IBM engaged in research to arm computers with Indian languages

IBM is engaged in research on Indian languages in a bid to develop new artificial intelligence applications in key industries

tech, AI, artificial intelligence, robotics, automation, computers, indian languages — IBM’s natural language processing road map in India includes Bengali, Tamil, Telugu, Kannada, Marathi, Gujarati and Punjabi

4 min read Last Updated : Apr 19 2021 | 6:10 AM IST

In March last year, IBM announced the first commercialisation of key natural language processing (NLP) capabilities from IBM Research’s Project Debater, its artificial intelligence system capable of debating humans on complex topics.

While the technology giant builds on its language capability, which feeds into its cognitive intelligence platform Watson, another project in India that is helping build on NLP is a partnership with IIT Bombay, where a team of researchers is looking at the myriad complexities of diverse Indian languages.

“IBM’s AI portfolio is built around automation, NLP and trust,” says Gargi Dasgupta, director, IBM Research India and chief technology officer, IBM India/South Asia.

IBM has expanded its AI-powered automation capabilities with IBM Watson AIOps, which builds on underlying technology developed by IBM Research. Following the first commercialisation of key NLP capabilities from IBM Research’s Project Debater, Watson is even more advanced in the nuances of human language, identifying and analysing idioms and colloquialisms for the first time.

“There are a couple of things that differentiate enterprise NLP from consumer NLP. Explainability and trust for the business to adopt and to make use of NLP is very important,” says Dasgupta.

This differentiates the work IBM does from, say, a Google Translate, whose translation systems are more consumer-facing.

As part of the project with IBM, IIT teams are studying techniques for knowledge representation across documents, graphs, charts, and other forms of multi-media content. This area of research will be critical in helping to develop new AI applications in key industries such as financial services, retail and health care, which rely heavily on rich, multi-modal content.

IIT Bombay has a lab for natural language processing, called Centre for Indian Language Technology (CFILT), set up in the year 2000 with funding from the ministry of electronics and information technology (MeitY). This lab has been interacting with many ministries, government organisations and leading companies, including IBM.

“Natural language processing requires a huge amount of data to apply machine learning,” says Pushpak Bhattacharyya, professor in the department of computer science and engineering at IIT Bombay.

One way the lab gets data is through web scraping for languages like Bengali and Marathi.
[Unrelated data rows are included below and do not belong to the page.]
//! The words and signs that operands begin with.
ghost use Rattle.std.specs.Prelude.{◌≡◌};
ghost use Rattle.stl_reader.specs.Words.{operand_word, status_sign};

use crate::forms::OperandForm;
use crate::letters::is_named;
use instruction_set::OperandArea;
use stl_lex::letters_of;

/// A word that an operand begins with, filled up with zeros: the form of the operand, and its area; the stored
/// unit of a byte, word or double word, and the value of an operand that has no number behind it.
#[derive(Clone, Copy, Debug, PartialEq, Eq)]
pub struct OperandWord {
    pub spelling: [u8; 4],
    pub form: OperandForm,
    pub area: OperandArea,
    pub unit: u8,
    pub value: u32,
}

macro_rules! words {
    ($($spelling:literal $form:ident $area:ident $unit:literal $value:literal;)*) => {
        [$(OperandWord {
            spelling: *$spelling,
            form: OperandForm::$form,
            area: OperandArea::$area,
            unit: $unit,
            value: $value,
        }),*]
    };
}

const OPERAND_WORDS: [OperandWord; 46] = words! {
    b"I\0\0\0" Bit Inputs 0 0;
    b"Q\0\0\0" Bit Outputs 0 0;
    b"M\0\0\0" Bit Memory 0 0;
    b"L\0\0\0" Bit Local 0 0;
    b"DBX\0" Bit Data 0 0;
    b"DIX\0" Bit Instance 0 0;
    b"IB\0\0" Value Inputs 8 0;
    b"IW\0\0" Value Inputs 9 0;
    b"ID\0\0" Value Inputs 10 0;
    b"QB\0\0" Value Outputs 8 0;
    b"QW\0\0" Value Outputs 9 0;
    b"QD\0\0" Value Outputs 10 0;
    b"MB\0\0" Value Memory 8 0;
    b"MW\0\0" Value Memory 9 0;
    b"MD\0\0" Value Memory 10 0;
    b"LB\0\0" Value Local 8 0;
    b"LW\0\0" Value Local 9 0;
    b"LD\0\0" Value Local 10 0;
    b"DBB\0" Value Data 8 0;
    b"DBW\0" Value Data 9 0;
    b"DBD\0" Value Data 10 0;
    b"DIB\0" Value Instance 8 0;
    b"DIW\0" Value Instance 9 0;
    b"DID\0" Value Instance 10 0;
    b"PIB\0" PeripheralIn PeripheralIn 8 0;
    b"PIW\0" PeripheralIn PeripheralIn 9 0;
    b"PID\0" PeripheralIn PeripheralIn 10 0;
    b"PQB\0" PeripheralOut PeripheralOut 8 0;
    b"PQW\0" PeripheralOut PeripheralOut 9 0;
    b"PQD\0" PeripheralOut PeripheralOut 10 0;
    b"T\0\0\0" Timer Timer 0 0;
    b"C\0\0\0" Counter Counter 0 0;
    b"BR\0\0" Status Status 0 0;
    b"OV\0\0" Status Status 0 1;
    b"OS\0\0" Status Status 0 2;
    b"UO\0\0" Status Status 0 3;
    b"STW\0" StatusWord StatusWord 0 0;
    b"DBLG" DataRegister DataLength 0 0;
    b"DBNO" DataRegister DataNumber 0 0;
    b"DILG" DataRegister InstanceLength 0 0;
    b"DINO" DataRegister InstanceNumber 0 0;
    b"DB\0\0" DataBlock Data 0 0;
    b"DI\0\0" InstanceBlock Instance 0 0;
    b"FC\0\0" Function Function 0 0;
    b"FB\0\0" FunctionBlock FunctionBlock 0 0;
    b"SFC\0" SystemFunction SystemFunction 0 0;
};

/// A comparison with 0 as a status operand: its sign, filled up with zeros, and its number.
#[derive(Clone, Copy, Debug, PartialEq, Eq)]
pub struct StatusSign {
    pub sign: [u8; 2],
    pub value: u32,
}

const STATUS_SIGNS: [StatusSign; 6] = [
    StatusSign {
        sign: *b"==",
        value: 4,
    },
    StatusSign {
        sign: *b"<>",
        value: 5,
    },
    StatusSign {
        sign: *b">\0",
        value: 6,
    },
    StatusSign {
        sign: *b"<\0",
        value: 7,
    },
    StatusSign {
        sign: *b">=",
        value: 8,
    },
    StatusSign {
        sign: *b"<=",
        value: 9,
    },
];

/// The row of a word.
#[tactic(auto, unfolding(crate::specs::Words::operand_word))]
pub fn operand_word(word: &[u8]) -> Option<OperandWord>
    ensures { result ≡ operand_word word.now }
{
    OPERAND_WORDS
        .iter()
        .copied()
        .find(|row| is_named(row.spelling.as_slice(), word))
}

/// The row of a comparison sign.
#[tactic(auto, unfolding(crate::specs::Words::status_sign))]
pub fn status_sign(sign: &[u8]) -> Option<StatusSign>
    ensures { result ≡ status_sign sign.now }
{
    STATUS_SIGNS
        .iter()
        .copied()
        .find(|row| letters_of(row.sign.as_slice()) == sign)
}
There are annotators and translators in the team who work from different parts of the country, and create datasets of parallel sentences which are important for machine translation.

Other sources include the Constitution of India, which is multilingual. Many parliamentary proceedings are in multiple languages that add to the project’s database.

Once the data is there, “the key idea is to augment the resource by sub-wording, or breaking the word into its parts. We use help from other languages. For example, a Marathi to Bengali machine translation can be helped by Hindi coming in as an intermediate assisted language, and using linguistic properties which are inherent in the sentence, to embellish the training data,” says Bhattacharya.

“Recently, an important government of India project called ‘Bahubashak’ was launched. It’s a speech-to-speech machine translation. One of the explicit goals of this project is to engage startups in creating data. Under this project we have engaged with startups, which will create parallel data for us,” he adds.

The Bahubashak project, launched last year, is part of the Natural Language Translation Mission (NLTM), which is managed by the principal scientific advisor and MeitY. The main objective of Bahubashak is to have Indian language technology systems and products deployed in the field with the help of startups. The coordinating institutes provide technical and research support for the deployment of these technologies through startups.

IBM’s NLP roadmap in India includes Bengali, Tamil, Telugu, Kannada, Marathi, Gujarati and Punjabi. The partnership with IIT Bombay is one of the projects working on the language piece.

In the end, as part of its pillar of trust in AI systems, Dasgupta says, “the overarching goal should be to minimise and reduce biases.”